13 Sept 22 - Notes: Numerical Integration in 1D#

Principal Ideas for this unit will come from Newman Chapter 8, Section 1, which is the reading assigned below.

We have seen how we can quickly exhaust our analytical tools when we investigate systems with interesting and complex behavior. We can see much from the perspective of phase space in terms of the qualitatively different behaviors (e.g., oscillations vs rotations, both clockwise and counter-clockwise, in the large angle pendulum). But what if we want to find the specific trajectory of a given set of initial conditions.

That is we want to be able to take a more general differential equation:

\[\ddot{x} = f(x,\dot{x},t)\]

to a solution for all (or some specified amount)of time, \(x(t)\)…in (most) cases…because sometimes integrals don’t converge.

We can use numerical integration to find these trajectories. Below is a video describing 3 coupled ODEs, the Lorenz equations, that are quite famous. You will be able to model systems like this, but for now think of it as motivation for why we want to learn numerical integration.

from IPython.display import YouTubeVideo
YouTubeVideo("aAJkLh76QnM", 800, 600)

Nonlinear Science#

Some of the most interesting ODEs to work with are those that lead to chaos, have interesting behaviors in different parts of phase space, are highly sensitive to initial conditions, or that have complex bound orbits (in real or phase space). This area of study in physics overlaps with a broad interdisciplinary field called Nonlinear Science, which studies all manner of systems where the results are not simply proportional to the input features. This work includes theory, applied science, and experimental work. As it is difficult to find truly linear systems in the real world, nonlinear science is quite interdisciplinary with physics research in the areas of magnetohydrodynamics, fluid mechanics, bio-inspired design, biophysics (cellular), biophysics (animal locomotion), atomic and molecular physics, and many more fields.

We will focus on integrating 1 dimensional ODEs (that is, ODEs of only one variable like the SHO). To that end the reding this week aims to inform you with the simplest of the integrators the Euler-Cromer integration technique. This approach is intuitive, straight-forward, and forms the basis for better and far more accurate methods like Runge-Kutta.

Through this week’s activities, we will introduce several integration methods, but you will learn to use the built-in integrator (odeint) from scipy, which are more efficient than what we could write ourselves.

Book Readings#

These two readings are useful preparation for what we are going to do with numerical integration.

Newman’s Computational Physics - Chapter 8#

The first one is from Chapter 8 of Mark Newman’s book, Computational Physics, which is an excellent introduction to most of the computational physics approaches we use in physics.

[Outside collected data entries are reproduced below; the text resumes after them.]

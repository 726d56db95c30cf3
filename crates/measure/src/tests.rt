use super::chosen::{Chosen, UnknownMeasure};
use super::deviations::{deviation, polygon_deviation};
use super::fraction::Fraction;
use super::line::Line;
use super::pace::Pace;
use super::tolerance::{deviation_within, is_within};
use outline::{Outline, Refusal};
use std::test::Fail;

// An outline of 2 legs in a 1,024 by 1,024 frame, each by a direction and a number of moves.
fn two_legs(first: u8, moves: usize, then: u8, more: usize) -> Result<Outline, Refusal> {
    let mut outline = Outline::new();
    outline.open(1024, 1024, 500, 500)?;
    for _ in 0..moves {
        outline.extend(first)?;
    }
    for _ in 0..more {
        outline.extend(then)?;
    }
    Ok(outline)
}

fn is(f: Option<Fraction>, top: u64, bottom: u32) -> bool {
    f.is_some_and(|f| f.top() == top && f.bottom() == bottom)
}

// The number of the refusal, or 0.
fn number(r: Result<Fraction, Refusal>) -> u8 {
    r.map_or_else(|refusal| refusal.number(), |_| 0)
}

#[test]
fn corner(rt: HostRuntime) -> Result<(), Fail> {
    let outline = two_legs(0, 2, 6, 2)?;
    assert!(rt; is(deviation(&Line, &outline, 0, 4), 16, 8));
    assert!(rt; is(deviation(&Pace, &outline, 0, 4), 32, 16));
    assert!(rt; is(polygon_deviation(&Line, &outline, &[0, 2, 4]).ok(), 0, 1));
    assert!(rt;
        is(
            deviation_within(&Line, &outline, 0, 4, Fraction::new(2, 1)?),
            16,
            8,
        )
    );
    assert!(rt; !is_within(&Line, &outline, 0, 4, Fraction::new(15, 8)?));
    Ok(())
}

#[test]
fn there_and_back(rt: HostRuntime) -> Result<(), Fail> {
    let outline = two_legs(0, 1, 4, 1)?;
    assert!(rt; is(deviation(&Line, &outline, 0, 2), 1, 1));
    assert!(rt; is(deviation(&Pace, &outline, 0, 2), 4, 4));
    Ok(())
}

#[test]
fn longest_corner(rt: HostRuntime) -> Result<(), Fail> {
    let outline = two_legs(0, 128, 6, 127)?;
    assert!(rt; is(deviation(&Line, &outline, 0, 255), 264257536, 32513));
    assert!(rt; is(deviation(&Pace, &outline, 0, 255), 528515072, 65025));
    let list = [0, 100, 255];
    assert!(rt;
        is(
            polygon_deviation(&Line, &outline, &list).ok(),
            12645136,
            16913,
        )
    );
    assert!(rt;
        is(
            polygon_deviation(&Pace, &outline, &list).ok(),
            25290272,
            24025,
        )
    );
    Ok(())
}

#[test]
fn longest_diagonal(rt: HostRuntime) -> Result<(), Fail> {
    let outline = two_legs(7, 255, 0, 0)?;
    assert!(rt; is(deviation(&Line, &outline, 0, 255), 0, 1));
    assert!(rt; is(deviation(&Pace, &outline, 0, 255), 0, 1));
    assert!(rt; deviation(&Line, &outline, 3, 3).is_none());
    assert!(rt; deviation(&Line, &outline, 0, 256).is_none());
    Ok(())
}

#[test]
fn no_polygon(rt: HostRuntime) -> Result<(), Fail> {
    let outline = two_legs(0, 2, 6, 2)?;
    assert!(rt; number(polygon_deviation(&Line, &outline, &[])) == 5);
    assert!(rt; number(polygon_deviation(&Line, &outline, &[1, 4])) == 5);
    assert!(rt; number(polygon_deviation(&Line, &outline, &[0, 3])) == 5);
    assert!(rt; number(polygon_deviation(&Line, &outline, &[0, 2, 2, 4])) == 5);
    Ok(())
}

#[test]
fn bounds(rt: HostRuntime) {
    assert!(rt; number(Fraction::new((1 << 40) - 1, 1 << 20)) == 0);
    assert!(rt; number(Fraction::new(1 << 40, 1)) == 4);
    assert!(rt; number(Fraction::new(0, 0)) == 4);
    assert!(rt; number(Fraction::new(0, (1 << 20) + 1)) == 4);
}

#[test]
fn texts(rt: HostRuntime) -> Result<(), Fail> {
    let alloc = rt.alloc();
    let text = format!(in alloc; "{} {}", Fraction::new(16, 8)?, Chosen::Pace)?;
    assert_eq!(rt; text.as_str(), "16/8 pace");
    assert_eq!(rt; "line".parse::<Chosen>(), Ok(Chosen::Line));
    assert_eq!(rt; "lines".parse::<Chosen>(), Err(UnknownMeasure));
    Ok(())
}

It uses Python and modern libraries, which is rare for a computational physics textbook for undergraduate students.

Read This Sections 8.1 and 8.1.1. We will discuss and work with ideas from 8.1.2 and 8.1.3, but I don’t expect you to read those in detail. We will discuss how these work and then make use of the built-in integrators from scipy. The core one will be odeint (Documentation).

Strogatz’s Nonlinear Dynamics and Chaos - Chapters 4 and 5#

The second one in from Chapters 4 and 5 of Steven Strogatz’s book, Nonlinear Dynamics and Chaos, which is an excellent and broad book covering many science and engineering problems. It is a book that I think every student of physics should read at some point.

Read This Section 5.1. We have worked already with these ideas, but we will continue to do so. This is another way to look at what we’ve done, so it’s worth reading another perspective. We will continue to discuss and work with these ideas. You are free to read other parts of this book, but please read 5.1 for class.